6. Ismil, which is a county in South Korea has a 32 acre cheese themed amusement park. Opened in 2004, it has cheese themed rides, buildings that look like blocks of cheese, and cheese making classes.

7. One of the smelliest cheeses, Epiosses, (which apparently was a favourite of Napoleon), smells so strongly that it is rumoured to have been banned from being eaten on public transport in France.

8. The actual smelliest cheese in the world though is Vieux-Bologne, an unpasteurized and unpressed cow’s milk cheese made near the town of Boulogne-sur-Mer in France.

9. The same bacteria responsible for smelly feet can also be used to produce certain types of cheese, like Muenster and Limburger.

10. A watch made from Swiss cheese, by an independent Swiss watchmaker named H. Moser & Cie, sold for 1,081,291 Swiss francs. 

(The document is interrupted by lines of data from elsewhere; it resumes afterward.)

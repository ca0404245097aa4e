//! All stalls of a run, as they are told.
ghost use Rattle.std.specs.Prelude.{◌≡◌, ◌++◌, [], OnOk};
ghost use Rattle.std.specs.List.{flat_map};
ghost use Rattle.debug_session.specs.StallLists.{goto_text, since_text, stall_line, stalls_text, TellsStalls};

use debugger::{Debugger, MoveFault, StallAt};
use flow_waits::PartNames;
use prompt_words::{append_behind, append_counted, append_number};
use std::alloc::AllocError;

// Appends what is typed to go to a position.
fn append_goto(out: &mut Vec<u8>, position: u64) -> Result<(), AllocError>
    ensures { OnOk result (out.new.items ≡ out.old.items ++ goto_text position) }
{
    out.extend_from_slice(b"goto ")?;
    append_number(out, position)
}

// Appends when a flow is stalled.
fn append_since(out: &mut Vec<u8>, time: u64) -> Result<(), AllocError>
    ensures { OnOk result (out.new.items ≡ out.old.items ++ since_text time) }
{
    append_counted(out, b" is stalled at ", time, b" ns\n")
}

// Appends where a flow becomes stalled, and when.
fn append_stall_line(out: &mut Vec<u8>, flows: &PartNames, stall: StallAt) -> Result<(), AllocError>
    ensures { OnOk result (out.new.items ≡ out.old.items ++ stall_line flows.now stall) }
{
    append_goto(out, stall.position)?;
    append_behind(out, b": flow ", flows, stall.flow)?;
    append_since(out, stall.time)
}

// Appends a line for each stall.
fn append_stall_lines(
    out: &mut Vec<u8>,
    flows: &PartNames,
    stalls: &[StallAt],
) -> Result<(), AllocError>
    ensures { OnOk result (out.new.items ≡ out.old.items ++ flat_map (stall_line flows.now) stalls.now) }
{
    for stall in stalls {
        append_stall_line(out, flows, *stall)?;
    }
    Ok(())
}

// Appends a line for each stall, or that there is none.
fn append_stalls_text(
    out: &mut Vec<u8>,
    flows: &PartNames,
    stalls: &[StallAt],
) -> Result<(), AllocError>
    ensures { OnOk result (out.new.items ≡ out.old.items ++ stalls_text flows.now stalls.now) }
{
    if stalls.is_empty() {
        out.extend_from_slice(b"no stall\n")
    } else {
        append_stall_lines(out, flows, stalls)
    }
}

/// Puts all stalls of the run into an empty text. On a fault some of it may stand there.
pub(crate) fn append_stalls(
    out: &mut Vec<u8>,
    debugger: &mut Debugger,
    flows: &PartNames,
) -> Result<(), MoveFault>
    requires { out.old.items ≡ [] }
    ensures ok { OnOk result (TellsStalls flows.now debugger.old.start out.new.items) }
    ensures same { debugger.new ≡ debugger.old }
{
    let mut stalls = Vec::new(*out.allocator());
    debugger.append_stalls(&mut stalls)?;
    match append_stalls_text(out, flows, stalls.as_slice()) {
        Ok(()) => Ok(()),
        Err(_) => Err(MoveFault::NoMemory),
    }
}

11. Casu Marzu is a traditional Sardinian sheep milk cheese. Also called ‘Maggot cheese’ as it contains live insect larvae. The activity of the maggots, as they break down the cheese, gives it its unique texture and flavour.

12. The largest cheese ever made was a wheel of cheddar in Wisconsin, America. It weighed 15,680 kilo and took a team of 25 cheese makers 43 hours to make it.

13. Swiss cheese gets its holes by bacteria. Carbon dioxide, given off by the bacteria, creates air bubbles which result in the holes, known in the cheese industry as ‘eyes’.

14. The world produces more cheese than tea, coffee, tobacco, and cocoa beans combined.

15. Milbenkäse cheese, made in Würchwitz, Germany, is made using dust mites. The mites are locked in a wooden box with a type of cheese called quark. Enzymes from the excrement of the mites ripen the cheese, and give it a distinct flavour. When ready to eat, the mites are consumed along with the cheese.